Privately funded by the SLI community of support, since 2012 SLI has served 223 scholars (67 current and 156 alumni) and awarded students more than $917,000. SLI alumni have attended 29 colleges and universities.

“I’ve known Jenny from high school, through college, and into and beyond law school,” said SLI founder and program director Peter Iver Kaufman, who holds the George Matthews & Virginia Brinkley Modlin Chair in Leadership Studies, Jepson School of Leadership Studies, University of Richmond. “Three words: persistence, passion, and compassion. And all are contagious; Jenny just moves people to believe in their own possibilities and to realize them.”

Hernandez Austria “did not see a pathway to college” until learning about and joining SLI in Richmond in high school. She went on to graduate from the University of Richmond in 2015 with a bachelor of arts degree in political science and international studies with a minor in Women, Gender and Sexuality Studies, and in 2023 she completed her Juris Doctor at the University of Richmond School of Law, where she was the lead articles editor of the Richmond Public Interest Law Review and a board member of the Public Interest Law Association.

A worker-owner of the Virginia Language Justice Collective, she has also worked or interned in a public defender’s office, for the Virginia Poverty Law Center, and with two immigration law firms. 

“All of my life trajectory – none of it would have happened if SLI hadn’t been there for me,” she said. “I want to be there for other people just as SLI helped me, so that my community can continue to thrive and more students can have the same opportunities that I had.”

The daughter of dentists in Mexico City who moved their family to Richmond when she was age 11, Hernandez Austria saw her parents take on manual labor, make sacrifices to support education, and take risks on behalf of their family. She thrived on affirmation from her teachers and honed her English skills by watching the Gilmore Girls, whose character Rory inspired her to go to college even though without immigration documentation her options were limited. 

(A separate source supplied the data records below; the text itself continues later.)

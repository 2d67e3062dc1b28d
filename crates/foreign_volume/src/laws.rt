//! Laws of opened volumes: the functions here have no parameters and no body.
ghost use Rattle.std.specs.Prelude.{◌≡◌, ◌↔◌, ℕ, List, Ok};
ghost use Rattle.blk_base.specs.Bytes.{Image};
ghost use Rattle.foreign_format.specs.declared.superblock.Superblock.{Superblock};
ghost use Rattle.foreign_tree.specs.Tree.{VolumeValue};
ghost use Rattle.foreign_volume.specs.declared.roots.Subvolume.{Subvolume};
ghost use Rattle.foreign_volume.specs.Opened.{IsOpened, OpenedValue, opened_of};
ghost use Rattle.foreign_volume.specs.Roots.{AreSubvolumes, subvolumes_of};

/// A volume is opened exactly where the disk has one: superblock, chunks and chunk tree.
pub fn volume_is_opened()
    ensures { (blocks : ℕ) (image : Image) (opened : OpenedValue) → (opened_of blocks image ≡ Ok opened) ↔ IsOpened blocks image opened }
{}

/// There are subvolumes exactly where the volume has a root tree whose root items have no fault, and they are theirs.
pub fn subvolumes_are_read()
    ensures { (disk : List ℕ) (volume : VolumeValue) (superblock : Superblock) (subs : List Subvolume)
        → (subvolumes_of disk volume superblock ≡ Ok subs) ↔ AreSubvolumes disk volume superblock subs }
{}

When her high school homeroom teacher recommended her to Kaufman, Hernandez Austria seized the opportunity “to maybe be able to make it to college.” She “loved” SLI, including the assignments to research and write about different topics each month. One essay that stands out to her was about the ballast water contamination.

“All we need to do,” she recalls thinking, “is just pay a little bit of attention to what we’re doing.”

She realized during those assignments that she had a passion for supporting people facing struggles, including those she knew firsthand. When Deferred Action for Childhood Arrivals was implemented during the summer after her first year at the University of Richmond, Hernandez Austria began crying because she knew it would “change my life,” she recalls thinking.

Being a Dreamer eased the way for her to get a driver’s license, a job, and internships. She began acting on her passions, taking on activist roles and even becoming known as “the immigration girl” for distributing information and promoting petitions. In 2016 she married a man she had met years before while interning for a political campaign, and in 2020 she became a citizen.

SLI board members can serve up to two consecutive three-year terms.